Collected data entries
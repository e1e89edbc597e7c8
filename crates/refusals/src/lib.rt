// The refusals of the chunk layer, which hold those of the layers below whole, and what a batch answers.

#![tactic(auto)]

mod done;
mod fault;

pub use done::BatchDone;
pub use fault::ChunkFault;
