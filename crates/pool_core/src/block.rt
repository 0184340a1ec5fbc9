ghost use Rattle.std.specs.Prelude.{◌≡◌};

use std::marker::Model;

/// Some units of a pool, one after the other. It is not copied: the pool takes it back once.
#[derive(Debug, Drop)]
pub struct Block {
    unit: u32,
    class: u8,
}

impl Model for Block {
    ghost use Rattle.pool_core.specs.Blocks.{BlockState};

    ghost Value = { BlockState };

    ghost view = { λ b. record { unit = b.unit; class = b.class } };
}

impl Block {
    pub(crate) fn new(unit: u32, class: u8) -> Block
        ensures { result ≡ record { unit = unit; class = class } }
    {
        Block { unit, class }
    }

    /// The first unit.
    pub fn unit(&self) -> u32
        ensures { result ≡ self.now.unit }
    {
        self.unit
    }

    /// The class: there are two to its power units.
    pub fn class(&self) -> u8
        ensures { result ≡ self.now.class }
    {
        self.class
    }
}
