ghost use Rattle.run_report.specs.CanReport.{CanReport};
ghost use Rattle.run_report.specs.Lines.{text_of};
ghost use Rattle.run_report.specs.Report.{report_of};
ghost use Rattle.run_report.specs.Writing.{Writes};

use plain_engine::PlainEnd;
use run_report::{Failed, write_report};
use task_syntax::Checked;
use tool_io::Sink;

/// Writes the report of an ended run.
pub fn report<O: Sink>(
    end: &PlainEnd,
    checked: &Checked,
    trace: bool,
    out: &mut O,
) -> Result<(), Failed>
    requires { CanReport checked.now end.now }
    ensures { Writes (O.seen out.old) (O.seen out.new)
        (text_of (report_of checked.now end.now trace)) result }
{
    write_report(end, checked, trace, out)
}
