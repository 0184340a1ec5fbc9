ghost use Rattle.pool_core.specs.Laws.{SoundBlocksAreApart, SoundBlocksAreInside, SoundBlocksAreCounted, OneIsGiven, GivesOrHasNoRoom, NeverGivesWithoutRoom, NoRoomIsFull, SuperblocksAreCounted, SuperblockIsItsBlocks, PoolIsItsBlocks};

/// No two blocks that are out share a unit, each lies inside the pool, and they are as many as the counts say together.
pub fn blocks_that_are_out()
    ensures apart { SoundBlocksAreApart }
    ensures inside { SoundBlocksAreInside }
    ensures counted { SoundBlocksAreCounted }
{}

/// The blocks that are out of a superblock are all of its class, and as many as its count.
pub fn blocks_by_class()
    ensures { SuperblocksAreCounted }
{}

/// Class, ever and the blocks that are out say what a superblock is, and those of all superblocks what a pool is.
pub fn superblocks_are_their_blocks()
    ensures superblock { SuperblockIsItsBlocks }
    ensures pool { PoolIsItsBlocks }
{}

/// Of each class a pool can give a block or has no room for one, and not both.
pub fn gives_or_has_no_room()
    ensures either { GivesOrHasNoRoom }
    ensures not_both { NeverGivesWithoutRoom }
    ensures full { NoRoomIsFull }
{}

/// The pool before says which block is given, and what the pool is afterwards.
pub fn one_is_given()
    ensures { OneIsGiven }
{}
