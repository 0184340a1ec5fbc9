ghost use Rattle.std.specs.Prelude.{◌≡◌, ◌/◌, ◌%◌};
ghost use Rattle.kt_words.specs.Ranges.{IsUnitCount};
ghost use Rattle.pool_core.specs.VacancyInvariant.{IsShiftOf};

/// The power of two that a number of units is.
pub fn shift_of(units: u32) -> u32
    requires { IsUnitCount units }
    ensures { IsShiftOf result units }
{
    match units {
        8 => 3,
        16 => 4,
        32 => 5,
        64 => 6,
        128 => 7,
        256 => 8,
        _ => 9,
    }
}

/// The superblock of a unit, and where in it the unit stands: told without a division, which takes
/// long.
pub fn parted(unit: u32, units: u32, shift: u32) -> (u32, u32)
    requires { IsShiftOf shift units }
    ensures superblock { result.0 ≡ unit / units }
    ensures within { result.1 ≡ unit % units }
{
    let superblock = unit >> shift;
    (superblock, unit - superblock * units)
}
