ghost use Rattle.std.specs.Prelude.{◌≡◌, ◌↔◌, ◌<◌, ◌≤◌, IsNone, IfSome, length, if◌then◌else◌};
ghost use Rattle.pool_core.specs.Vacancies.{noted, room_set, IsFirstVacancy, IsNoneSet, AreUnusedVacancies};

use crate::superblock_set::SuperblockSet;

/// Which superblocks can give a block: those of each class with room, and those that are empty.
#[derive(Drop)]
pub struct Vacancies {
    with_room: [SuperblockSet; 4],
    empty: SuperblockSet,
}

impl Vacancies {
    /// So many superblocks, all empty and of class 0.
    pub fn new(superblocks: u32) -> Vacancies
        requires { superblocks ≤ 1024 }
        ensures { AreUnusedVacancies superblocks result }
    {
        Vacancies {
            with_room: [
                SuperblockSet::below(superblocks),
                SuperblockSet::below(0),
                SuperblockSet::below(0),
                SuperblockSet::below(0),
            ],
            empty: SuperblockSet::below(superblocks),
        }
    }

    /// The first superblock of the class with room, or else the first empty one.
    pub fn choose(&self, class: u8) -> Option<u32>
        requires { class ≤ 3 }
        ensures first { IfSome result (λ superblock. IsFirstVacancy self.now class superblock) }
        ensures within { IfSome result (λ superblock. superblock < 1024) }
        ensures none { IsNone result ↔ (IsNoneSet (room_set self.now class) × IsNoneSet self.now.empty) }
    {
        let with_room = self.with_room[class as usize].first();
        if with_room.is_some() {
            return with_room;
        }
        self.empty.first()
    }

    /// Notes the same, but where nothing of it changed: `changed` tells that something did, and `same`
    /// that nothing else did.
    pub fn note_change(
        &mut self,
        superblock: u32,
        was: u8,
        class: u8,
        has_room: bool,
        is_empty: bool,
        changed: bool,
        same: bool,
    )
        requires superblock { superblock < 1024 }
        requires was { was ≤ 3 }
        requires class { class ≤ 3 }
        ensures { self.new ≡ (if changed then noted self.old superblock was class has_room is_empty
            else (if same then self.old
            else noted self.old superblock was class has_room is_empty)) }
    {
        if changed || !same {
            self.note(superblock, was, class, has_room, is_empty);
        }
    }

    /// Notes that a superblock, which was of one class, is of this class and has room and is empty or not.
    pub fn note(&mut self, superblock: u32, was: u8, class: u8, has_room: bool, is_empty: bool)
        requires superblock { superblock < 1024 }
        requires was { was ≤ 3 }
        requires class { class ≤ 3 }
        ensures { self.new ≡ noted self.old superblock was class has_room is_empty }
    {
        self.with_room[was as usize].put(superblock, false);
        self.with_room[class as usize].put(superblock, has_room);
        self.empty.put(superblock, is_empty);
    }
}
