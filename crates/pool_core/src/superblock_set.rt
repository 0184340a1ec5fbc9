ghost use Rattle.std.specs.Prelude.{◌≡◌, ◌≢◌, ◌↔◌, ℕ, ◌<◌, ◌≤◌, Bool, true, false, IsNone, IfSome, length, slice_set};
ghost use Rattle.std.specs.Int.{bit_at};
ghost use Rattle.claim_core.specs.Claims.{IsSet};
ghost use Rattle.pool_core.specs.Vacancies.{AreBelow, IsFirstSet, IsNoneSet};

use std::marker::Model;

const WORDS: usize = 16;

/// A set of superblocks, by their positions below 1,024: a bit each.
#[derive(Drop)]
pub struct SuperblockSet {
    words: [u64; WORDS],
}

impl Model for SuperblockSet {
    ghost use Rattle.std.specs.Prelude.{Bool, List};
    ghost use Rattle.claim_core.specs.Bits.{first_bits};

    ghost Value = { List Bool };

    ghost view = { λ s. first_bits 1024 s.words };
}

impl SuperblockSet {
    fn new() -> SuperblockSet
        ensures size { length result ≡ 1024 }
        ensures none { IsNoneSet result }
    {
        SuperblockSet { words: [0; WORDS] }
    }

    /// The first so many superblocks.
    pub fn below(number: u32) -> SuperblockSet
        requires { number ≤ 1024 }
        ensures { AreBelow number result }
    {
        let mut set = SuperblockSet::new();
        for superblock in 0..number {
            set.insert(superblock);
        }
        set
    }

    fn insert(&mut self, superblock: u32)
        requires { superblock < 1024 }
        ensures { self.new ≡ slice_set self.old superblock true }
    {
        self.words[(superblock / 64) as usize] |= 1 << (superblock % 64);
    }

    fn remove(&mut self, superblock: u32)
        requires { superblock < 1024 }
        ensures { self.new ≡ slice_set self.old superblock false }
    {
        self.words[(superblock / 64) as usize] &= !(1 << (superblock % 64));
    }

    /// Puts a superblock in, or takes it out.
    pub fn put(&mut self, superblock: u32, is_in: bool)
        requires { superblock < 1024 }
        ensures { self.new ≡ slice_set self.old superblock is_in }
    {
        if is_in {
            self.insert(superblock);
        } else {
            self.remove(superblock);
        }
    }

    /// The first superblock of the set.
    pub fn first(&self) -> Option<u32>
        ensures first { IfSome result (λ superblock. IsFirstSet self.now superblock) }
        ensures within { IfSome result (λ superblock. superblock < 1024) }
        ensures none { IsNone result ↔ IsNoneSet self.now }
    {
        let mut passed = 0u32;
        for word in &self.words {
            if *word != 0 {
                return Some(passed + lowest_in(*word));
            }
            passed += 64;
        }
        None
    }
}

// The lowest bit of a word that is set.
fn lowest_in(word: u64) -> u32
    requires { word ≢ 0 }
    ensures within { result < 64 }
    ensures one { bit_at word result ≡ 1 }
    ensures below { (bit : ℕ) → bit < result → bit_at word bit ≡ 0 }
{
    word.trailing_zeros()
}
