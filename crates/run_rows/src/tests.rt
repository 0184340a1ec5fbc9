ghost use Rattle.std.specs.Prelude.{◌≡◌, IfOk, IfSome, length};
ghost use Rattle.run_report.specs.CanReport.{CanReport};

use crate::reported::report;
use crate::samples::{SAMPLES, Sample};
use column_input::{ColumnError, read_columns};
use kt_words::Plan;
use plain_engine::{PlainEnd, PlainRun};
use record_core::{CutTag, Ended, RootEnd};
use sample_programs::{plan_of, program_of};
use std::alloc::{AllocError, Global};
use std::test::Fail;
use task_syntax::{Checked, Columns};
use tool_io::MemorySink;

/// The end of a run within a plan, on columns.
fn run(
    alloc: Global,
    checked: &Checked,
    columns: &Columns,
    plan: Plan,
) -> Result<PlainEnd, AllocError>
    requires { plan.roots ≡ length checked.now.roots }
    ensures { IfOk result (λ end. CanReport checked.now end) }
{
    match PlainRun::run(alloc, checked, columns, plan) {
        Ok(end) => Ok(end),
        Err(_) => Err(AllocError),
    }
}

/// A sample's program and the end of its run.
fn run_of(alloc: Global, sample: &Sample) -> Result<Option<(Checked, PlainEnd)>, AllocError>
    ensures { IfOk result (λ ran. IfSome ran (λ both. CanReport both.0 both.1)) }
{
    let Some(checked) = program_of(alloc, sample.program.as_bytes())? else {
        return Ok(None);
    };
    let Some(plan) = plan_of(&checked, sample.superblocks, sample.units, sample.limit) else {
        return Ok(None);
    };
    let end = run(alloc, &checked, &Columns::none(alloc), plan)?;
    Ok(Some((checked, end)))
}

fn sink(alloc: Global) -> Result<MemorySink, AllocError> {
    match MemorySink::new(alloc, 8192, Vec::new(alloc)) {
        Ok(sink) => Ok(sink),
        Err(_) => Err(AllocError),
    }
}

#[test]
fn each_program_has_its_report(rt: HostRuntime) -> Result<(), Fail> {
    'samples: for sample in &SAMPLES {
        let (checked, end) = run_of(rt.alloc(), sample)?.ok_or("no run")?;
        let mut out = sink(rt.alloc())?;
        let written = report(&end, &checked, sample.trace, &mut out);
        assert!(rt; written.is_ok());
        assert_eq!(rt; out.bytes.as_slice(), sample.report.as_bytes());
    }
    Ok(())
}

/// A task that runs 600,000 activations more.
const DOWN: &str = "ktask 1\nkind down n\nstate start\nif n == 0 goto out\nsub n n 1\nagain start\n\
    label out\ndone 7\nend\nroot p down 600000\nroot q down 600000";

fn roots_of(alloc: Global, behind: &str) -> Result<Option<PlainEnd>, AllocError> {
    let mut text = String::new(alloc);
    text.push_str(DOWN)?;
    text.push_str(behind)?;
    let Some(checked) = program_of(alloc, text.as_bytes())? else {
        return Ok(None);
    };
    let Some(plan) = plan_of(&checked, 256, 512, 1_000_000) else {
        return Ok(None);
    };
    Ok(Some(run(alloc, &checked, &Columns::none(alloc), plan)?))
}

#[test]
fn roots_share_the_limit(rt: HostRuntime) -> Result<(), Fail> {
    let one = roots_of(rt.alloc(), " behind @p\n")?.ok_or("no run")?;
    assert!(rt; is_seven(&one, 0));
    assert!(rt; is_limit(&one, 1));
    let both = roots_of(rt.alloc(), "\n")?.ok_or("no run")?;
    assert!(rt; is_limit(&both, 0));
    assert!(rt; is_limit(&both, 1));
    Ok(())
}

fn is_seven(end: &PlainEnd, root: u8) -> bool {
    root < end.root_count() && end.root(root) == RootEnd::Value(task_syntax::Value::Number(7))
}

fn is_limit(end: &PlainEnd, root: u8) -> bool {
    root < end.root_count() && matches!(end.root(root), RootEnd::Cut(CutTag::Limit, _))
}

/// Halves the rows of a column until one row is left, and adds the halves up.
const SUM: &str = "ktask 1\nkind sum first past\nvar middle x @a @b @g\nstate start\n\
    sub middle past first\nif middle == 0 goto none\nif middle == 1 goto one\n\
    div middle middle 2\nadd middle first middle\nspawn @a sum first middle\n\
    spawn @b sum middle past\nall @g @a @b\nagain both behind @g\n\
    label one\ncell x price first\ndone x\nlabel none\ndone 0\n\
    state both holds @a @b settled @a @b\nget x @a\nget middle @b\nadd x x middle\n\
    done x\nend\n\
    kind main\nvar n x @a\nstate start\nrows n price\nspawn @a sum 0 n\n\
    again out behind @a\nstate out holds @a settled @a\nget x @a\ndone x\nend\n\
    root total main\n";

const PRICES: &str = "id,price\n1,10\n2,20\n3,30\n4,40\n5,50\n";

const TOTAL: &str = "root total 150\nactivations 23\ntasks 14\nnulls 0\nheld 1 0 0 0\n";

fn columns_of(alloc: Global, text: &str) -> Result<Option<Columns>, AllocError> {
    match read_columns(alloc, text.as_bytes()) {
        Ok(columns) => Ok(Some(columns)),
        Err(ColumnError::Memory) => Err(AllocError),
        Err(ColumnError::Fault { .. }) => Ok(None),
    }
}

#[test]
fn a_column_is_summed(rt: HostRuntime) -> Result<(), Fail> {
    let alloc = rt.alloc();
    let checked = program_of(alloc, SUM.as_bytes())?.ok_or("no program")?;
    let columns = columns_of(alloc, PRICES)?.ok_or("no columns")?;
    let plan = plan_of(&checked, 256, 512, 1_000_000).ok_or("no plan")?;
    let end = run(alloc, &checked, &columns, plan)?;
    let mut out = sink(alloc)?;
    assert!(rt; report(&end, &checked, false, &mut out).is_ok());
    assert_eq!(rt; out.bytes.as_slice(), TOTAL.as_bytes());
    Ok(())
}
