ghost use Rattle.std.specs.Prelude.{◌≡◌, ◌↔◌, ℕ, ◌^◌, ◌<◌, ◌≤◌, IfOk, IsNone, IfNone, IfSome, Some, length, slice_get};
ghost use Rattle.kt_words.specs.SuperWords.{FitsSuperWord};
ghost use Rattle.pool_core.specs.Blocks.{BlockState};
ghost use Rattle.pool_core.specs.Pool.{unused_pool, IsOut, IsChosenFor, Gives, Adds, TakesBack, Removes, HasNoRoom, IsSound};

use crate::block::Block;
use crate::superblock::Superblock;
use crate::unit_places::{parted, shift_of};
use crate::vacancies::Vacancies;
use kt_words::{Geometry, SuperWord};
use std::alloc::{AllocError, Global};
use std::marker::Model;

/// A pool of blocks for one thread. A superblock changes its class only while none of its blocks is out.
#[derive(Drop)]
pub struct PlainPool {
    geometry: Geometry,
    shift: u32,
    superblocks: Vec<Superblock>,
    vacancies: Vacancies,
}

impl Model for PlainPool {
    ghost use Rattle.std.specs.Prelude.{◌≡◌, length};
    ghost use Rattle.pool_core.specs.Pool.{PoolState, IsSound};
    ghost use Rattle.pool_core.specs.VacancyInvariant.{AreVacancies, IsShiftOf};

    ghost Value = { PoolState };

    ghost view = { λ p. record { units = p.geometry.units; superblocks = p.superblocks.items } };

    ghost invariant = { λ p. IsSound (record { units = p.geometry.units; superblocks = p.superblocks.items })
        × AreVacancies p.geometry.units p.superblocks.items p.vacancies
        × IsShiftOf p.shift p.geometry.units };
}

impl PlainPool {
    /// A pool from which no block was given yet.
    pub fn new(alloc: Global, geometry: Geometry) -> Result<PlainPool, AllocError>
        ensures unused { IfOk result (λ pool. pool ≡ unused_pool geometry.superblocks geometry.units) }
        ensures none_out { IfOk result (λ pool. (block : BlockState) → ¬ IsOut pool block) }
        ensures sound { IfOk result (λ pool. IsSound pool) }
    {
        let mut superblocks = Vec::with_capacity(alloc, geometry.superblocks as usize)?;
        for _place in 0..geometry.superblocks {
            superblocks.push(Superblock::new(geometry.units))?;
        }
        Ok(PlainPool {
            geometry,
            shift: shift_of(geometry.units),
            superblocks,
            vacancies: Vacancies::new(geometry.superblocks),
        })
    }

    /// Gives a block of a class, from the first superblock of this class with room, or else from the first empty one.
    pub fn allocate(&mut self, class: u8) -> Option<Block>
        requires { class ≤ 3 }
        ensures some { IfSome result (λ block. Gives self.old class block self.new) }
        ensures none { IsNone result ↔ HasNoRoom self.old class }
        ensures unchanged { IfNone result (self.new ≡ self.old) }

        ensures class { IfSome result (λ block. block.class ≡ class) }
        ensures adds { IfSome result (λ block. Adds self.old block self.new) }
        ensures sound { IsSound self.new }
    {
        let superblock = self.choose(class)?;
        Some(self.give(superblock, class))
    }

    // The first superblock of the class with room, or else the first empty one.
    fn choose(&self, class: u8) -> Option<u32>
        requires { class ≤ 3 }
        ensures chosen { IfSome result (λ superblock. IsChosenFor self.now class superblock) }
        ensures none { IsNone result ↔ HasNoRoom self.now class }
        ensures sound { IsSound self.now }
    {
        self.vacancies.choose(class)
    }

    // Gives a block of the class from the superblock that is chosen for it.
    fn give(&mut self, superblock: u32, class: u8) -> Block
        requires class { class ≤ 3 }
        requires chosen { IsChosenFor self.old class superblock }
        ensures { Gives self.old class result self.new }
    {
        let room = self.geometry.cap(class);
        let state = &mut self.superblocks[superblock as usize];
        let was = state.class();
        let was_empty = state.is_empty();
        let bit = state.give(class, room);
        let has_room = state.has_room(class, room);
        self.vacancies.note_change(superblock, was, class, has_room, false, was_empty, has_room);
        let unit = superblock * self.geometry.units + (bit << class);
        Block::new(unit, class)
    }

    /// Takes back a block that this pool gave and that is still out.
    pub fn release(&mut self, block: Block)
        requires { IsOut self.old block }
        ensures back { TakesBack self.old block self.new }

        ensures removes { Removes self.old block self.new }
        ensures sound { IsSound self.new }
    {
        let class = block.class();
        let (place, within) = parted(block.unit(), self.geometry.units, self.shift);
        let bit = within >> class;
        let superblock = &mut self.superblocks[place as usize];
        let room = self.geometry.cap(class);
        let had_room = superblock.has_room(class, room);
        superblock.take_back(bit);
        let is_empty = superblock.is_empty();
        self.vacancies
            .note_change(place, class, class, true, is_empty, is_empty, had_room);
    }

    /// Takes back the block of a class at a unit, for a caller that keeps the two and not the block.
    #[inline(always)]
    pub fn release_at(&mut self, unit: u32, class: u8)
        requires { IsOut self.old (record { unit = unit; class = class }) }
        ensures back { TakesBack self.old (record { unit = unit; class = class }) self.new }
        ensures removes { Removes self.old (record { unit = unit; class = class }) self.new }
        ensures sound { IsSound self.new }
    {
        self.release(Block::new(unit, class));
    }

    /// What every pool keeps: it is found here by a caller that was handed one.
    pub fn keeps(&self)
        ensures { IsSound self.now }
    {
        let _geometry = &self.geometry;
    }

    /// The class of a superblock: that of its blocks that are out, or else of the last that was.
    pub fn class(&self, superblock: u32) -> u8
        requires { superblock < length self.now.superblocks }
        ensures class { IfSome (slice_get self.now.superblocks superblock) (λ state. result ≡ state.class) }
        ensures fits { result ≤ 3 }
    {
        self.superblocks[superblock as usize].class()
    }

    /// How many blocks of a superblock are out.
    pub fn count(&self, superblock: u32) -> u32
        requires { superblock < length self.now.superblocks }
        ensures count { IfSome (slice_get self.now.superblocks superblock) (λ state. result ≡ state.count) }
        ensures few { result ≤ 512 }
    {
        self.superblocks[superblock as usize].count()
    }

    /// How many blocks a superblock ever gave. It stays at its greatest value, 2^44 - 1.
    pub fn ever(&self, superblock: u32) -> u64
        requires { superblock < length self.now.superblocks }
        ensures ever { IfSome (slice_get self.now.superblocks superblock) (λ state. result ≡ state.ever) }
        ensures fits { result < 2 ^ 44 }
    {
        self.superblocks[superblock as usize].ever()
    }

    /// Whether the block at a place of a superblock is out.
    pub fn claimed(&self, superblock: u32, bit: u32) -> bool
        requires superblock { superblock < length self.now.superblocks }
        requires bit { bit < self.now.units }
        ensures { IfSome (slice_get self.now.superblocks superblock) (λ state. slice_get state.set bit ≡ Some result) }
    {
        self.superblocks[superblock as usize].is_set(bit)
    }

    /// Class, count and ever of a superblock in one.
    pub fn word(&self, superblock: u32) -> SuperWord
        requires { superblock < length self.now.superblocks }
        ensures word { IfSome (slice_get self.now.superblocks superblock) (λ state. result ≡ record { count = state.count; class = state.class; ever = state.ever }) }
        ensures fits { FitsSuperWord result }
    {
        self.superblocks[superblock as usize].word()
    }
}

What the exercise asks:
Say how many of the lines above include the string "gave", and give no other words.

Expected output:
2